Op een plek en in een mensenleven worden we geconfronteerd met veel verschillende soorten risico’s. Deze risico’s hebben weliswaar verschillende oorzaken, maar hebben soms wel vergelijkbare effecten. Ontwikkelingen in informatie- en communicatietechnologie en in de fysische en biochemische wetenschappen versnellen en versterken elkaar. Zij bieden kansen, maar introduceren ook nieuwe, onzekere risico’s. In de samenleving spelen zorgen over deze ontwikkelingen en risico’s steeds sneller steeds hoger op. Bovendien neemt op veel plaatsen in Nederland ook het aantal (risicovolle) activiteiten toe, door bevolkingsgroei en economische groei. Het huidige risico- en veiligheidsbeleid heeft als ambitie, dat desondanks iedereen een leefomgeving heeft waarin het gezond en veilig is én iedereen dat ook als zodanig ervaart.

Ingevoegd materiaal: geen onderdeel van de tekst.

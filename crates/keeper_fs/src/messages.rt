ghost use Rattle.std.specs.Prelude.{◌≡◌, ◌&&◌, false, IfOk};
ghost use Rattle.std.specs.String.{string_bytes};
ghost use Rattle.keeper_fs.specs.Names.{is_file_name};
ghost use Rattle.keeper_fs.specs.Paths.{path_in};

use crate::errors::fault;
use crate::folders::{Mailbox, path_in};
use crate::names::file_name;
use crate::writing::add_file;
use keeper::KeepError;
use std::alloc::{AllocError, Global};
use std::fs::Files;
use std::io::ErrorKind;
use std::{fs, io};

/// The two paths of a message file: one in `new`, one in `cur`.
#[derive(Drop)]
struct Places {
    new: String,
    cur: String,
}

impl Places {
    fn of(alloc: Global, mailbox: &Mailbox, name: &str) -> Result<Places, AllocError>
        ensures new { let folder = string_bytes mailbox.now.new in
            IfOk result (λ places. string_bytes places.new ≡ path_in folder name.now) }
        ensures cur { let folder = string_bytes mailbox.now.cur in
            IfOk result (λ places. string_bytes places.cur ≡ path_in folder name.now) }
    {
        Ok(Places {
            new: path_in(alloc, mailbox.new.as_str(), name)?,
            cur: path_in(alloc, mailbox.cur.as_str(), name)?,
        })
    }

    /// Fails if one of the paths has a file.
    fn require_free<R: Files>(&self, rt: &R) -> io::Result<()> {
        require_none(rt, self.new.as_str())?;
        require_none(rt, self.cur.as_str())
    }
}

/// Fails if a file has this path.
fn require_none<R: Files>(rt: &R, path: &str) -> io::Result<()> {
    let Err(error) = fs::symlink_metadata(rt, path) else {
        return Err(io::Error::from(ErrorKind::AlreadyExists));
    };
    if error.kind() == ErrorKind::NotFound {
        return Ok(());
    }
    Err(error)
}

/// Where a message file arrives: the paths that must be free, and the path that the file gets.
#[derive(Drop)]
struct Arrival {
    taken: Places,
    target: String,
}

impl Arrival {
    fn of(alloc: Global, mailbox: &Mailbox, home: &str, name: &str) -> Result<Arrival, AllocError>
        ensures { IfOk result (λ arrival. string_bytes arrival.target ≡ path_in home.now name.now) }
    {
        Ok(Arrival {
            taken: Places::of(alloc, mailbox, name)?,
            target: path_in(alloc, home, name)?,
        })
    }
}

/// Adds a message file to a mailbox. If a folder is not there, it makes the missing folders and
/// tries once more.
pub(crate) fn put<R: Files>(
    rt: &R,
    alloc: Global,
    account: &str,
    mailbox: &[u8],
    name: &[u8],
    octets: &[u8],
) -> Result<(), KeepError>
    ensures { (is_file_name mailbox.now && is_file_name name.now) ≡ false
        → result ≡ Err KeepError.Failed }
{
    let mailbox = file_name(mailbox)?;
    let name = file_name(name)?;
    let folders = Mailbox::of(alloc, account, mailbox)?;
    let draft = path_in(alloc, folders.tmp.as_str(), name)?;
    let home = folders.home(name);
    let arrival = Arrival::of(alloc, &folders, home, name)?;
    match add(rt, draft.as_str(), home, &arrival, octets) {
        Err(error) if error.kind() == ErrorKind::NotFound => {
            folders.make(rt, account).map_err(fault)?;
            add(rt, draft.as_str(), home, &arrival, octets).map_err(fault)
        }
        added => added.map_err(fault),
    }
}

fn add<R: Files>(
    rt: &R,
    draft: &str,
    home: &str,
    arrival: &Arrival,
    octets: &[u8],
) -> io::Result<()> {
    arrival.taken.require_free(rt)?;
    add_file(rt, draft, home, arrival.target.as_str(), octets)
}

/// Gives a message file another mailbox and name. If the file or a folder is not there, it makes
/// the missing folders of the new mailbox and tries once more.
pub(crate) fn rename<R: Files>(
    rt: &R,
    alloc: Global,
    account: &str,
    from: &[u8],
    name: &[u8],
    to: &[u8],
    new_name: &[u8],
) -> Result<(), KeepError>
    ensures { (is_file_name from.now && (is_file_name name.now
        && (is_file_name to.now && is_file_name new_name.now))) ≡ false
        → result ≡ Err KeepError.Failed }
{
    let from = file_name(from)?;
    let name = file_name(name)?;
    let to = file_name(to)?;
    let new_name = file_name(new_name)?;
    let old = Places::of(alloc, &Mailbox::of(alloc, account, from)?, name)?;
    let folders = Mailbox::of(alloc, account, to)?;
    let arrival = Arrival::of(alloc, &folders, folders.home(new_name), new_name)?;
    match move_file(rt, &old, &arrival) {
        Err(error) if error.kind() == ErrorKind::NotFound => {
            folders.make(rt, account).map_err(fault)?;
            move_file(rt, &old, &arrival).map_err(fault)
        }
        moved => moved.map_err(fault),
    }
}

/// Renames the file at one of the old paths, unless its new name is taken.
fn move_file<R: Files>(rt: &R, old: &Places, arrival: &Arrival) -> io::Result<()> {
    arrival.taken.require_free(rt)?;
    let target = arrival.target.as_str();
    match fs::rename(rt, old.new.as_str(), target) {
        Err(error) if error.kind() == ErrorKind::NotFound => {
            fs::rename(rt, old.cur.as_str(), target)
        }
        renamed => renamed,
    }
}

/// Removes a message file.
pub(crate) fn remove<R: Files>(
    rt: &R,
    alloc: Global,
    account: &str,
    mailbox: &[u8],
    name: &[u8],
) -> Result<(), KeepError>
    ensures { (is_file_name mailbox.now && is_file_name name.now) ≡ false
        → result ≡ Err KeepError.Failed }
{
    let mailbox = file_name(mailbox)?;
    let name = file_name(name)?;
    let places = Places::of(alloc, &Mailbox::of(alloc, account, mailbox)?, name)?;
    match fs::remove_file(rt, places.new.as_str()) {
        Err(error) if error.kind() == ErrorKind::NotFound => {
            fs::remove_file(rt, places.cur.as_str()).map_err(fault)
        }
        removed => removed.map_err(fault),
    }
}
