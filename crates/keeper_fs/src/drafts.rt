ghost use Rattle.std.specs.Prelude.{◌≡◌};
ghost use Rattle.std.specs.Time.{system_time_nanos};
ghost use Rattle.keeper_fs.specs.Drafts.{is_delivery, was_left};

use message_names::base_of;
use std::alloc::Global;
use std::fs::{DirEntry, Files};
use std::time::{Clock, Duration, SystemTime};
use std::{fs, io};

/// A file in `tmp` counts as left behind after this many seconds: 36 hours.
const SECONDS_LEFT: u64 = 129600;

/// Removes the messages that an earlier run left in `tmp` of the account in this folder and of its
/// folders `.<mailbox>`. It follows no link inside the account's folder. What can't be removed
/// stays.
pub(crate) fn remove_left<R: Files + AllocGlobal + Clock + Clone + Drop>(rt: &R, account: &str) {
    if let Ok(now) = SystemTime::now(rt) {
        let _ = clear_mailbox(rt, account, now);
        let _ = clear_others(rt, account, now);
    }
}

/// Removes the messages that were left in the folders `.<mailbox>` of an account.
fn clear_others<R: Files + AllocGlobal + Clone + Drop>(
    rt: &R,
    account: &str,
    now: SystemTime,
) -> io::Result<()> {
    for entry in fs::read_dir(rt, account)? {
        if let Ok(entry) = entry {
            let _ = clear_other(rt, &entry, now);
        }
    }
    Ok(())
}

fn clear_other<R: Files + AllocGlobal + Clone + Drop>(
    rt: &R,
    entry: &DirEntry<R, Global>,
    now: SystemTime,
) -> io::Result<()> {
    if entry.file_name().starts_with('.') && entry.metadata()?.is_dir() {
        clear_mailbox(rt, entry.path().as_str(), now)?;
    }
    Ok(())
}

/// Removes the messages that were left in `tmp` of a mailbox's folder.
fn clear_mailbox<R: Files + AllocGlobal + Clone + Drop>(
    rt: &R,
    folder: &str,
    now: SystemTime,
) -> io::Result<()> {
    let tmp = format!(in rt.alloc(); "{folder}/tmp")?;
    if !fs::symlink_metadata(rt, tmp.as_str())?.is_dir() {
        return Ok(());
    }
    for entry in fs::read_dir(rt, tmp.as_str())? {
        if let Ok(entry) = entry {
            let _ = clear_draft(rt, &entry, now);
        }
    }
    Ok(())
}

/// Removes a file if it is a message that was left behind.
fn clear_draft<R: Files + AllocGlobal + Clone + Drop>(
    rt: &R,
    entry: &DirEntry<R, Global>,
    now: SystemTime,
) -> io::Result<()> {
    if !is_delivery(entry.file_name().as_bytes()) {
        return Ok(());
    }
    let metadata = entry.metadata()?;
    if metadata.is_file() && was_left(metadata.modified()?, now) {
        fs::remove_file(rt, entry.path())?;
    }
    Ok(())
}

/// Whether the service gives a name like this to a message that it is delivering.
fn is_delivery(name: &[u8]) -> bool
    ensures { result ≡ is_delivery name.now }
{
    base_of(name).ends_with(b".quotad")
}

/// Whether a file that was written at this time is older than 36 hours now.
fn was_left(written: SystemTime, now: SystemTime) -> bool
    ensures { result ≡ was_left (system_time_nanos written) (system_time_nanos now) }
{
    match now.duration_since(written) {
        Ok(age) => age > Duration::from_secs(SECONDS_LEFT),
        Err(_) => false,
    }
}
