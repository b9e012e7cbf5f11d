ghost use Rattle.std.specs.Prelude.{◌≡◌, ◌<◌, None, true, false, IfOk, IfErr, IsErrOf};
ghost use Rattle.std.specs.String.{string_bytes};
ghost use Rattle.quota_units.specs.Causes.{HasCause};
ghost use Rattle.keeper_fs.specs.Paths.{is_account_path, is_path, path_in};
ghost use Rattle.keeper_fs.specs.Real.{faults_of, append_faults_of, folder_of, lists_of, store_faults_of, store_folder_of};

use crate::FsKeeper;
use crate::drafts::remove_left;
use crate::folders::path_in;
use crate::names::file_name;
use keeper::{KeepError, Stores};
use quota_units::Failed;
use std::alloc::Global;
use std::fs::Files;
use std::time::Clock;

/// Accounts below one folder, each in its folder `<folder>/<account>`. Which accounts there are is
/// not told.
///
/// Opening an account removes the messages that an earlier run of the service began to write in the
/// account's folders `tmp` and left there for more than 36 hours.
#[derive(Drop)]
pub struct FsStores<R> {
    rt: R,
    folder: Vec<u8>,
    faults: u64,
}

impl<R: Files + AllocGlobal + Clock + Clone + Drop> FsStores<R> {
    /// The accounts below a folder. If the folder's path is empty or not UTF-8, no account can be
    /// opened.
    pub fn new(rt: R, folder: Vec<u8>) -> FsStores<R>
        ensures none { store_faults_of result ≡ 0 }
        ensures folder { store_folder_of result ≡ folder.items }
    {
        FsStores {
            rt,
            folder,
            faults: 0,
        }
    }

    /// How often a call has failed.
    pub fn faults(&self) -> u64
        ensures { result ≡ store_faults_of self.now }
    {
        self.faults
    }
}

/// The path of an account's folder below this folder.
fn account_folder(alloc: Global, folder: &[u8], account: &[u8]) -> Result<String, KeepError>
    ensures ok { IfOk result (λ path. string_bytes path ≡ path_in folder.now account.now) }
    ensures outside { is_account_path folder.now account.now ≡ false
        → result ≡ Err KeepError.Failed }
    ensures only { IsErrOf result KeepError.Failed
        → is_account_path folder.now account.now ≡ false }
{
    let account = file_name(account)?;
    let folder = path_text(folder)?;
    Ok(path_in(alloc, folder, account)?)
}

/// The text of a path, which must be UTF-8 and not empty.
#[tactic(auto, using(crate::proofs::Texts::is_text, crate::proofs::Texts::is_no_text))]
fn path_text(path: &[u8]) -> Result<&str, Failed>
    ensures text { IfOk result (λ text. text.now ≡ path.now) }
    ensures ok { IfOk result (λ _. is_path path.now ≡ true) }
    ensures refused { IfErr result (λ _. is_path path.now ≡ false) }
{
    match str::from_utf8(path) {
        Ok(text) if !path.is_empty() => Ok(text),
        _ => Err(Failed),
    }
}

/// Opens an account, and removes the messages that an earlier run left in its folders `tmp`.
fn open_account<R: Files + AllocGlobal + Clock + Clone + Drop>(
    rt: &R,
    alloc: Global,
    folder: &[u8],
    account: &[u8],
) -> Result<FsKeeper<R>, KeepError>
    ensures fresh { IfOk result (λ keeper. (faults_of keeper ≡ 0)
        × ((append_faults_of keeper ≡ 0) × (lists_of keeper ≡ 0))) }
    ensures folder { IfOk result (λ keeper. folder_of keeper ≡ path_in folder.now account.now) }
    ensures outside { is_account_path folder.now account.now ≡ false
        → IsErrOf result KeepError.Failed }
    ensures only { IsErrOf result KeepError.Failed
        → is_account_path folder.now account.now ≡ false }
{
    let folder = account_folder(alloc, folder, account)?;
    let own = rt.clone()?;
    remove_left(rt, folder.as_str());
    Ok(FsKeeper::new(own, folder))
}

impl<R: Files + AllocGlobal + Clock + Clone + Drop> Stores for FsStores<R> {
    type K = FsKeeper<R>;

    ghost told = { λ _. None };

    ghost faults = { store_faults_of };

    fn open(&mut self, alloc: Global, account: &[u8]) -> Result<FsKeeper<R>, KeepError>
        ensures fresh { IfOk result (λ keeper. (faults_of keeper ≡ 0)
            × (append_faults_of keeper ≡ 0)) }
        ensures cause { HasCause (IsErrOf result KeepError.Failed) (store_faults_of self.old)
            (store_faults_of self.new) }
        ensures no_listings { IfOk result (λ keeper. lists_of keeper ≡ 0) }
        ensures account { IfOk result
            (λ keeper. folder_of keeper ≡ path_in (store_folder_of self.old) account.now) }
        // An opening answers `Failed` exactly if the folder's path is empty or not UTF-8, or the
        // account's name is not the name of one file or folder.
        ensures outside { is_account_path (store_folder_of self.old) account.now ≡ false
            → IsErrOf result KeepError.Failed }
        ensures only { IsErrOf result KeepError.Failed
            → is_account_path (store_folder_of self.old) account.now ≡ false }
        ensures folder { store_folder_of self.new ≡ store_folder_of self.old }
    {
        let opened = open_account(&self.rt, alloc, self.folder.as_slice(), account);
        if let Err(KeepError::Failed) = &opened {
            self.faults = self.faults.saturating_add(1);
        }
        opened
    }

    fn close(&mut self, _account: &[u8], keeper: FsKeeper<R>)
        ensures cause { HasCause (0 < faults_of keeper) (store_faults_of self.old)
            (store_faults_of self.new) }
        ensures folder { store_folder_of self.new ≡ store_folder_of self.old }
    {
        if keeper.faults() > 0 {
            self.faults = self.faults.saturating_add(1);
        }
    }
}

Beleid gericht op een gezonde en veilige leefomgeving was tot nu toe vooral gericht op het veilig en gezond zijn. Beleid gericht op een omgeving waar men zich ook veilig en gezond voelt, richt zich op het complexe terrein van risicoperceptie. Perceptie wordt bepaald door een complex aan factoren, kan verschillen per persoon of groep en zich ontwikkelen in de tijd. Als de beleving van risico’s verschilt van de objectief - wetenschappelijk vastgestelde - risico’s óf als risico’s door overheid en andere partijen verschillend worden ervaren, ligt er een taak voor beleidsmakers en politici.

Risicoperceptie

Verschillen in risicoperceptie bestaan tussen actoren en/of tussen feiten en beleving. Een (vluchtige) scan van standpunten van partijen en berichten in media maakt de belangrijkste verschillen vaak al zichtbaar. Belevings- of marktonderzoeken geven een meer gedegen beeld. De prioriteiten, de beleidskeuzes en de beleidsmaatregelen van de overheid weerspiegelen hoe de overheid uiteindelijk omgaat met (verschillen in) perceptie. Verschil in risicoperceptie kan leiden tot wederzijds onbegrip en misverstanden, tot gebrek aan draagvlak of uitvoerbaarheid van beleid, tot inefficiënt gedrag als gevolg van onderschatten of overschatten, en daarmee dus tot gevaarlijke situaties of juist verspilling van middelen en inzet. Dit is te meer een reden om bij het maken van beleidskeuzes rekening te houden met verschillen in perceptie.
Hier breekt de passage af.